0.026743886922199422

In [91]:
"""From the results of the test considering the value of p returned it seems clear that the difference
is statistically significant."""

'From the results of the test considering the value of p returned it seems clear that the difference\nis statistically significant.'

# Verifying Results
One sensible formulation of the data to answer the hypothesis test above would be to create a binary variable representing each individual in the experiment and control group.

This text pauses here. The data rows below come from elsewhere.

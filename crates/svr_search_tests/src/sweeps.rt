//! Small questions are answered within the least budget for which that is promised, and rightly.

ghost use Rattle.std.specs.Prelude.{◌≡◌, ◌<◌, ◌≤◌};

use crate::circuit::{Built, Gate, build, is_whole, settle};
use crate::clauses::{are_within, no_wishes};
use crate::memory::{added, let_go};
use std::alloc::Global;
use svr_chain::{Lit, have_opposites};
use svr_query::{Answer, NoMemory};

/// A signal with the value that is assumed of it.
#[derive(Clone, Copy)]
struct Wish {
    signal: usize,
    value: bool,
}

/// A next number of a sequence (D. H. Lehmer's, with the factor of D. E. Knuth's MMIX).
fn next(state: u64) -> u64 {
    state
        .wrapping_mul(6364136223846793005)
        .wrapping_add(1442695040888963407)
}

/// A number below `bound`, which is not 0.
fn below(state: u64, bound: usize) -> usize
    requires { 1 ≤ bound }
    ensures { result < bound }
{
    (state >> 33) as usize % bound
}

/// Gates with random tables over random earlier signals.
fn random_gates(gates: &mut Vec<Gate>, count: u32, size: usize, seed: u64) {
    let mut state = next(seed);
    let mut signals = count.max(1) as usize;
    for _ in 0..size {
        let first = below(state, signals.max(1));
        state = next(state);
        let second = below(state, signals.max(1));
        state = next(state);
        let table = below(state, 16) as u16;
        state = next(state);
        added(
            gates,
            Gate {
                table,
                first,
                second,
            },
        );
        signals = signals.saturating_add(1);
    }
}

/// A gate that tells whether its inputs differ.
fn differ(first: usize, second: usize) -> Gate {
    Gate {
        table: 6,
        first,
        second,
    }
}

/// The parity of the bits in two orders, and whether the two differ.
fn parity_gates(gates: &mut Vec<Gate>, count: u32) {
    let last = count.max(1) as usize - 1;
    let mut signals = last + 1;
    let mut up = 0;
    let mut down = last;
    for place in 1..count as usize {
        added(gates, differ(up, place));
        up = signals;
        added(gates, differ(down, last.saturating_sub(place)));
        down = signals.saturating_add(1);
        signals = signals.saturating_add(2);
    }
    added(gates, differ(up, down));
}

/// The literals that say that the signals have these values.
fn add_assumed(lits: &mut Vec<Lit>, signals: &[Lit], wishes: &[Wish]) {
    for wish in wishes {
        if let Some(lit) = signals.get(wish.signal) {
            added(lits, if wish.value { *lit } else { lit.flipped() });
        }
    }
}

/// Whether the assumed literals can be met; nothing where that is not told.
fn told(answer: &Result<Answer, NoMemory>) -> Option<bool> {
    match answer {
        Ok(Answer::Satisfied(_)) => Some(true),
        Ok(Answer::Refuted(_)) => Some(false),
        _ => None,
    }
}

/// Whether the literals can be met, as the solver tells within the budget; nothing where it does not tell.
fn answered(built: &mut Built, assume: &[Lit], budget: u64) -> Option<bool>
    requires { built.old.solver.vars ≡ built.old.vars }
    ensures { built.new.solver.vars ≡ built.new.vars }
{
    if have_opposites(assume) {
        return Some(false);
    }
    if built.vars > 64 || !are_within(built.vars, assume) || budget == 0 {
        return None;
    }
    let answer = built.solver.ask(assume, no_wishes(built.vars), budget);
    let told = told(&answer);
    let_go(answer);
    told
}

/// Whether the wishes can be met, as the solver tells within the budget; nothing where it does not tell, or a wish is left out.
fn asked(alloc: Global, built: &mut Built, wishes: &[Wish], budget: u64) -> Option<bool>
    requires { built.old.solver.vars ≡ built.old.vars }
    ensures { built.new.solver.vars ≡ built.new.vars }
{
    let mut assume = Vec::new(alloc);
    add_assumed(&mut assume, &built.signals, wishes);
    let are_all = assume.len() == wishes.len();
    let told = answered(built, &assume, budget);
    let_go(assume);
    if are_all { told } else { None }
}

/// Whether the signals have the values of the wishes.
fn are_met(wishes: &[Wish], values: &[bool]) -> bool {
    for wish in wishes {
        match values.get(wish.signal) {
            Some(value) if *value == wish.value => {}
            _ => return false,
        }
    }
    true
}

fn is_met_at_one(
    values: &mut Vec<bool>,
    count: u32,
    gates: &[Gate],
    wishes: &[Wish],
    rows: u64,
) -> bool {
    for row in 0..rows {
        settle(values, count, gates, row);
        if are_met(wishes, values.as_slice()) {
            return true;
        }
    }
    false
}

/// Whether the wishes can be met, as trying all values of the bits tells.
fn tried(alloc: Global, count: u32, gates: &[Gate], wishes: &[Wish], rows: u64) -> bool {
    let mut values = Vec::new(alloc);
    let is_met = is_met_at_one(&mut values, count, gates, wishes, rows);
    let_go(values);
    is_met
}

fn wish_from(state: u64, count: usize) -> Wish
    requires { 1 ≤ count }
{
    Wish {
        signal: below(state, count),
        value: state % 3 == 0,
    }
}

/// Three wishes for some of the signals, and the state behind them.
fn three_wishes(state: &mut u64, count: usize) -> [Wish; 3]
    requires { 1 ≤ count }
{
    let first = next(*state);
    let second = next(first);
    *state = next(second);
    [
        wish_from(first, count),
        wish_from(second, count),
        wish_from(*state, count),
    ]
}

fn is_told(told: Option<bool>, wanted: bool) -> bool {
    match told {
        Some(told) => told == wanted,
        None => false,
    }
}

/// Whether the solver answers eight times as trying tells.
fn agrees(
    alloc: Global,
    built: &mut Built,
    count: u32,
    gates: &[Gate],
    rows: u64,
    state: &mut u64,
) -> bool
    requires { built.old.solver.vars ≡ built.old.vars }
{
    for _ in 0..8 {
        let wishes = three_wishes(state, gates.len() + 1);
        let found = asked(alloc, built, &wishes, rows.saturating_mul(2));
        if !is_told(found, tried(alloc, count, gates, &wishes, rows)) {
            return false;
        }
    }
    true
}

/// Whether questions over random gates are answered as trying all of so many values of the bits tells.
fn is_answered(alloc: Global, count: u32, rows: u64, state: &mut u64) -> bool {
    let mut gates = Vec::new(alloc);
    random_gates(&mut gates, count, 4 * count as usize, count as u64);
    let mut made = build(alloc, count, &gates);
    let found = match &mut made {
        Ok(built) => {
            is_whole(built, count, &gates) && agrees(alloc, built, count, &gates, rows, state)
        }
        Err(_) => false,
    };
    let_go(made);
    let_go(gates);
    found
}

#[test]
fn answers_random_circuits(rt: HostRuntime) {
    let mut state = 1;
    for count in 1..11u32 {
        assert!(rt; is_answered(rt.alloc(), count, 1 << count, &mut state));
    }
}

/// Whether it is refuted that the last signal can be true.
fn is_denied(alloc: Global, built: &mut Built, budget: u64) -> bool
    requires { built.old.solver.vars ≡ built.old.vars }
{
    let wish = Wish {
        signal: built.signals.len().saturating_sub(1),
        value: true,
    };
    is_told(asked(alloc, built, &[wish], budget), false)
}

/// Whether it is refuted that the parities differ.
fn is_refuted(alloc: Global, count: u32, budget: u64) -> bool {
    let mut gates = Vec::new(alloc);
    parity_gates(&mut gates, count);
    let mut made = build(alloc, count, &gates);
    let found = match &mut made {
        Ok(built) => is_whole(built, count, &gates) && is_denied(alloc, built, budget),
        Err(_) => false,
    };
    let_go(made);
    let_go(gates);
    found
}

#[test]
fn refutes_that_two_parities_differ(rt: HostRuntime) {
    for count in 1..9u32 {
        assert!(rt; is_refuted(rt.alloc(), count, 2 << count));
    }
}
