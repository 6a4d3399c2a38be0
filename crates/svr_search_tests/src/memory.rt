// Values that are let go, lists that grow, and two values that may be missing.

ghost use Rattle.std.specs.Prelude.{◌≡◌, Ok, IfOk};

use svr_gate::NoMemory;

/// Lets a value go: the drop of a type parameter is proved once, and a caller that hands on what it holds has none of its own.
pub(crate) fn let_go<T: Drop>(_held: T) {}

/// What a list holds, with one more. Where there is no memory it is left out, and the list is another.
pub(crate) fn added<T: Drop>(list: &mut Vec<T>, item: T) {
    let _unmet = list.push(item).is_err();
}

/// Both values, where both are there.
pub(crate) fn both<T: Drop, U: Drop>(
    first: Result<T, NoMemory>,
    second: Result<U, NoMemory>,
) -> Result<(T, U), NoMemory>
    ensures first { IfOk result (λ values. first ≡ Ok values.0) }
    ensures second { IfOk result (λ values. second ≡ Ok values.1) }
{
    Ok((first?, second?))
}
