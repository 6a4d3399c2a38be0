//! Literals and clauses of numbers: a literal is its variable, which is negative where the literal is a negation.

ghost use Rattle.std.specs.Prelude.{◌≡◌, ◌≤◌, true, All, IfOk, OnOk, length};
ghost use Rattle.svr_chain.specs.Clauses.{IsWithin, AreWithin};

use std::alloc::{AllocError, Global};
use svr_chain::{Clause, Cnf, Lit};

/// The literal of a number, which names one of so many variables.
pub(crate) fn lit(vars: u64, number: i64) -> Lit
    requires { 1 ≤ vars }
    ensures { IsWithin vars result }
{
    Lit {
        var: number.unsigned_abs().max(1).min(vars),
        neg: number < 0,
    }
}

pub(crate) fn lits(alloc: Global, vars: u64, numbers: &[i64]) -> Result<Vec<Lit>, AllocError>
    requires { 1 ≤ vars }
    ensures { IfOk result (λ v. AreWithin vars v.items) }
{
    let mut lits = Vec::new(alloc);
    for number in numbers {
        lits.push(lit(vars, *number))?;
    }
    Ok(lits)
}

/// The clauses of a table are added to a list.
fn add_clauses(
    alloc: Global,
    vars: u64,
    table: &[&[i64]],
    clauses: &mut Vec<Clause>,
) -> Result<(), AllocError>
    requires vars { 1 ≤ vars }
    requires within { All (AreWithin vars) clauses.old.items }
    ensures { OnOk result (All (AreWithin vars) clauses.new.items) }
{
    for numbers in table {
        let lits = lits(alloc, vars, numbers)?;
        clauses.push(Clause::new(lits))?;
    }
    Ok(())
}

/// Clauses over so many variables.
pub(crate) fn cnf(alloc: Global, vars: u64, table: &[&[i64]]) -> Result<Cnf, AllocError>
    requires { 1 ≤ vars }
    ensures vars { IfOk result (λ c. c.vars ≡ vars) }
    ensures within { IfOk result (λ c. All (AreWithin vars) c.clauses.items) }
{
    let mut clauses = Vec::new(alloc);
    add_clauses(alloc, vars, table, &mut clauses)?;
    Ok(Cnf { vars, clauses })
}

/// Nothing is preferred.
const NO_WISHES: [bool; 64] = [false; 64];

/// For so many variables nothing is preferred.
pub(crate) fn no_wishes(vars: u64) -> &'static [bool]
    requires { vars ≤ 64 }
    ensures { length result.now ≡ vars }
{
    let all: &'static [bool] = &NO_WISHES;
    let (wishes, _rest) = all.split_at(vars as usize);
    wishes
}

pub(crate) fn are_within(vars: u64, lits: &[Lit]) -> bool
    ensures { result ≡ true → AreWithin vars lits.now }
{
    lits.iter().all(|lit| 0 < lit.var && lit.var <= vars)
}
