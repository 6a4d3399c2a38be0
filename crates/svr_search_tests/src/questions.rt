// Small questions, and their answers.

ghost use Rattle.std.specs.Prelude.{◌≡◌, ◌≤◌, IfOk};

use crate::clauses::cnf;
use crate::memory::let_go;
use std::alloc::Global;
use svr_chain::{Cnf, Lit, Verdict, check};
use svr_query::{Answer, NoMemory, Solver};

/// The clauses that no pair of values meets.
const ALL_PAIRS: &[&[i64]] = &[&[1, 2], &[1, -2], &[-1, 2], &[-1, -2]];

/// A solver over so many variables.
pub(crate) fn solver_of(alloc: Global, vars: u64, table: &[&[i64]]) -> Result<Solver, NoMemory>
    requires { 1 ≤ vars }
    ensures { IfOk result (λ s. s.vars ≡ vars) }
{
    Solver::new(alloc, cnf(alloc, vars, table)?)
}

/// A solver with both variables as bits.
fn solver_with_bits(alloc: Global, table: &[&[i64]]) -> Result<Solver, NoMemory>
    ensures { IfOk result (λ s. s.vars ≡ 2) }
{
    let one = Lit { var: 1, neg: false };
    let two = Lit { var: 2, neg: false };
    let bits = Vec::from_slice(alloc, &[one, two])?;
    let cnf = cnf(alloc, 2, table)?;
    Solver::with_bits(alloc, cnf, bits)
}

/// Whether 1 is possible with just both.
fn is_possible(solver: &mut Solver) -> bool
    requires { solver.old.vars ≡ 2 }
    ensures { solver.new.vars ≡ 2 }
{
    let one = Lit { var: 1, neg: false };
    let answer = solver.ask(&[one], &[false, false], 10);
    let is_so = match &answer {
        Ok(Answer::Satisfied(values)) => values.as_slice() == [true, true].as_slice(),
        _ => false,
    };
    let_go(answer);
    is_so
}

/// Whether 1 and not 2 is refuted by the first clause alone.
fn is_refuted_at_once(solver: &mut Solver) -> bool
    requires { solver.old.vars ≡ 2 }
{
    let one = Lit { var: 1, neg: false };
    let not_two = Lit { var: 2, neg: true };
    let answer = solver.ask(&[one, not_two], &[false, false], 10);
    let is_so = match &answer {
        Ok(Answer::Refuted(log)) => log.steps.is_empty() && log.goal == Some(1),
        _ => false,
    };
    let_go(answer);
    is_so
}

#[test]
fn asks_under_assumptions(rt: HostRuntime) {
    let mut made = solver_of(rt.alloc(), 2, &[&[-1, 2]]);
    let is_so = match &mut made {
        Ok(solver) => is_possible(solver) && is_refuted_at_once(solver),
        Err(_) => false,
    };
    let_go(made);
    assert!(rt; is_so);
}

/// Whether one step is too few, and is the only one of the log.
fn is_spent(solver: &mut Solver) -> bool
    requires { solver.old.vars ≡ 2 }
    ensures { solver.new.vars ≡ 2 }
{
    let answer = solver.ask(&[], &[false, false], 1);
    let is_so = match &answer {
        Ok(Answer::Spent { log, first }) => *first == 0 && log.steps.len() == 1,
        _ => false,
    };
    let_go(answer);
    is_so
}

/// Whether an answer is that no values are possible, by a log that is accepted.
fn is_accepted(alloc: Global, cnf: &Cnf, answer: &Result<Answer, NoMemory>) -> bool {
    match answer {
        Ok(Answer::Refuted(log)) => match check(alloc, cnf, &[], log) {
            Ok(verdict) => verdict == Verdict::Accepted,
            Err(_) => false,
        },
        _ => false,
    }
}

/// Whether no values are possible, by a log that is accepted.
fn is_refuted(alloc: Global, mut solver: Solver, budget: u64) -> bool
    requires vars { solver.vars ≡ 2 }
    requires budget { 1 ≤ budget }
{
    let answer = solver.ask(&[], &[false, false], budget);
    let cnf = solver.into_cnf();
    let is_so = is_accepted(alloc, &cnf, &answer);
    let_go(cnf);
    let_go(answer);
    is_so
}

/// Whether one step is too few, and no values are possible.
fn is_refuted_behind_one_step(alloc: Global, mut solver: Solver) -> bool
    requires { solver.vars ≡ 2 }
{
    let is_spent = is_spent(&mut solver);
    let is_refuted = is_refuted(alloc, solver, 10);
    is_spent && is_refuted
}

fn refutes_all_pairs_behind_one_step(alloc: Global) -> bool {
    match solver_of(alloc, 2, ALL_PAIRS) {
        Ok(solver) => is_refuted_behind_one_step(alloc, solver),
        Err(_) => false,
    }
}

fn refutes_all_pairs_of_bits(alloc: Global) -> bool {
    match solver_with_bits(alloc, ALL_PAIRS) {
        Ok(solver) => is_refuted(alloc, solver, 8),
        Err(_) => false,
    }
}

#[test]
fn refutes_all_pairs(rt: HostRuntime) {
    assert!(rt; refutes_all_pairs_behind_one_step(rt.alloc()));
}

#[test]
fn answers_where_a_sweep_fits(rt: HostRuntime) {
    assert!(rt; refutes_all_pairs_of_bits(rt.alloc()));
}
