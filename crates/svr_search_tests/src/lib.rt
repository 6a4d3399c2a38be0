//! The tests of derivations, the search, questions and the priority pass, and of small questions over random circuits.
//!
//! They stand apart, so that the layers are proved once.
#![tactic(auto)]

#[cfg(test)]
mod arenas;
#[cfg(test)]
mod circuit;
#[cfg(test)]
mod clauses;
#[cfg(test)]
mod conflicts;
#[cfg(test)]
mod logs;
#[cfg(test)]
mod memory;
#[cfg(test)]
mod priorities;
#[cfg(test)]
mod questions;
#[cfg(test)]
mod sweeps;
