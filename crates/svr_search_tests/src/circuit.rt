//! Circuits of gates with two inputs, as solvers and as functions of their bits.

ghost use Rattle.std.specs.Prelude.{◌≡◌, ◌<◌, ◌≤◌, IfOk, OnOk, All, length};
ghost use Rattle.svr_chain.specs.Clauses.{AreWithin};
ghost use Rattle.svr_chain.specs.Settled.{AreSettled};
ghost use Rattle.svr_gate.specs.Circuit.{Extends};
ghost use Rattle.svr_query.specs.Bits.{AreFirst};

use crate::memory::{added, both};
use std::alloc::Global;
use svr_chain::{Cnf, Lit};
use svr_gate::{Builder, NoMemory};
use svr_query::Solver;

/// A gate of two earlier signals: bit i of its table is its value where the first is bit 0 of i and the second is bit 1.
#[derive(Clone, Copy)]
pub(crate) struct Gate {
    pub(crate) table: u16,
    pub(crate) first: usize,
    pub(crate) second: usize,
}

/// A solver over the gates, the number of its variables, and the literals of the bits and of the gates in turn.
#[derive(Drop)]
pub(crate) struct Built {
    pub(crate) solver: Solver,
    pub(crate) vars: u64,
    pub(crate) signals: Vec<Lit>,
}

/// The literals of the variables 1 to `count`.
#[tactic(auto, using(crate::proofs::Bits::first_more))]
fn bit_lits(alloc: Global, count: u32) -> Result<Vec<Lit>, NoMemory>
    ensures first { IfOk result (λ v. AreFirst v.items) }
    ensures len { IfOk result (λ v. length v.items ≡ count) }
    ensures within { IfOk result (λ v. AreWithin count v.items) }
{
    let mut lits = Vec::new(alloc);
    for place in 0..count {
        lits.push(Lit {
            var: place as u64 + 1,
            neg: false,
        })?;
    }
    Ok(lits)
}

/// The gate is built, and its literal is one more signal.
fn add_gate(builder: &mut Builder, signals: &mut Vec<Lit>, gate: Gate) -> Result<(), NoMemory>
    requires first { gate.first < length signals.old.items }
    requires second { gate.second < length signals.old.items }
    requires within { AreWithin builder.old.vars signals.old.items }
    ensures extends { Extends builder.old builder.new }
    ensures within { OnOk result (AreWithin builder.new.vars signals.new.items) }
{
    let first = signals[gate.first];
    let second = signals[gate.second];
    let lit = builder.define(gate.table, [first, second])?;
    signals.push(lit)?;
    Ok(())
}

/// The gates are built in turn, up to the first for which there is no memory.
fn add_gates(builder: &mut Builder, signals: &mut Vec<Lit>, gates: &[Gate]) -> Result<(), NoMemory>
    requires { AreWithin builder.old.vars signals.old.items }
    ensures inputs { builder.new.inputs ≡ builder.old.inputs }
    ensures vars { builder.old.vars ≤ builder.new.vars }
{
    for gate in gates {
        if gate.first < signals.len() && gate.second < signals.len() {
            add_gate(builder, signals, *gate)?;
        }
    }
    Ok(())
}

/// The clauses of the gates.
fn cnf_of(mut builder: Builder, signals: &mut Vec<Lit>, count: u32, gates: &[Gate]) -> Cnf
    requires inputs { builder.inputs ≡ count }
    requires vars { builder.vars ≡ count }
    requires within { AreWithin count signals.old.items }
    ensures vars { count ≤ result.vars }
    ensures within { All (AreWithin result.vars) result.clauses.items }
    ensures settled { AreSettled count result.vars result.clauses.items }
{
    let _outcome = add_gates(&mut builder, signals, gates);
    builder.finish()
}

#[tactic(auto, using(crate::proofs::Bits::within_more))]
fn make_built(
    alloc: Global,
    builder: Builder,
    gates: &[Gate],
    bits: Vec<Lit>,
    signals: Vec<Lit>,
    count: u32,
) -> Result<Built, NoMemory>
    requires inputs { builder.inputs ≡ count }
    requires vars { builder.vars ≡ count }
    requires first { AreFirst bits.items }
    requires len { length bits.items ≡ count }
    requires bits { AreWithin count bits.items }
    requires signals { AreWithin count signals.items }
    ensures { IfOk result (λ b. b.solver.vars ≡ b.vars) }
{
    let mut signals = signals;
    let cnf = cnf_of(builder, &mut signals, count, gates);
    let vars = cnf.vars;
    match Solver::with_bits(alloc, cnf, bits) {
        Ok(solver) => Ok(Built {
            solver,
            vars,
            signals,
        }),
        Err(_) => Err(NoMemory),
    }
}

/// The solver of a circuit with so many bits.
pub(crate) fn build(alloc: Global, count: u32, gates: &[Gate]) -> Result<Built, NoMemory>
    ensures { IfOk result (λ b. b.solver.vars ≡ b.vars) }
{
    let (bits, signals) = both(bit_lits(alloc, count), bit_lits(alloc, count))?;
    match Builder::new(alloc, count) {
        Ok(builder) => make_built(alloc, builder, gates, bits, signals, count),
        Err(_) => Err(NoMemory),
    }
}

/// Whether there is a signal for each bit and each gate.
pub(crate) fn is_whole(built: &Built, count: u32, gates: &[Gate]) -> bool {
    built.signals.len() == gates.len().wrapping_add(count as usize)
}

/// The values of the bits, which are those of `row`, and of the gates in turn.
pub(crate) fn settle(values: &mut Vec<bool>, count: u32, gates: &[Gate], row: u64) {
    values.clear();
    let mut left = row;
    for _ in 0..count {
        added(values, left % 2 == 1);
        left /= 2;
    }
    for gate in gates {
        if gate.first < values.len() && gate.second < values.len() {
            let place = values[gate.first] as u16 + 2 * values[gate.second] as u16;
            added(values, (gate.table >> place) % 2 == 1);
        }
    }
}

This binary variable would represent whether or not that individual clicked on the homepage; 1 for they did and 0 if they did not.

The variance for the number of successes in a sample of a binomial variable with n observations is given by:

# n*p(1-p)

Given this, perform 3 steps to verify the results of your statistical test:

Calculate the expected number of clicks for the experiment group, if it had the same click-through rate as that of the control group.
Calculate the number of standard deviations that the actual number of clicks was from this estimate.
Finally, calculate a p-value using the normal distribution based on this z-score.

### Step 1:
Calculate the expected number of clicks for the experiment group, if it had the same click-through rate as that of the control group. 

In [92]:
totclicks=control['clicks'].sum()
totview=len(control['clicks'])

In [93]:
clickrate=totclicks/totview
clickrate

0.21857410881801126

In [94]:
experclicks=experiment['clicks'].sum()

In [95]:
expertot=len(experiment['clicks'])

In [96]:
expctd=clickrate*expertot
expctd

857.6848030018762

### Step 2:
Calculate the number of standard deviations that the actual number of clicks was from this estimate.

In [97]:
variance=totview*(clickrate)*(1-clickrate)
variance

728.2889305816135

In [98]:
std=np.sqrt(variance)
std

26.986828835222813

In [99]:
difference=experclicks-expctd
num=difference/std
num

2.6055375912248526

### Step 3: 
Finally, calculate a p-value using the normal distribution based on this z-score.

In [101]:
p=1-stats.norm.cdf(num)
p

0.004586510360224505

### Analysis:

Does this result roughly match that of the previous statistical test?

> Comment: **Your analysis here**

In [102]:
"""The p is lower in this case but still consisent with the result that we found above, being lower than alpha
and therefore allowing us to reject the null hypothesis and stating that the difference with the new
website layout is statistically signifcantly different."""

'The p is lower in this case but still consisent with the result that we found above, being lower than alpha\nand therefore allowing us to reject the null hypothesis and stating that the difference with the new\nwebsite layout is statistically signifcantly different.'

## Summary

In this lab, you continued to get more practice designing and conducting AB tests. This required additional work preprocessing and formulating the initial problem in a suitable manner. Additionally, you also saw how to verify results, strengthening your knowledge of binomial variables, and reviewing initial statistical concepts of the central limit theorem, standard deviation, z-scores, and their accompanying p-values.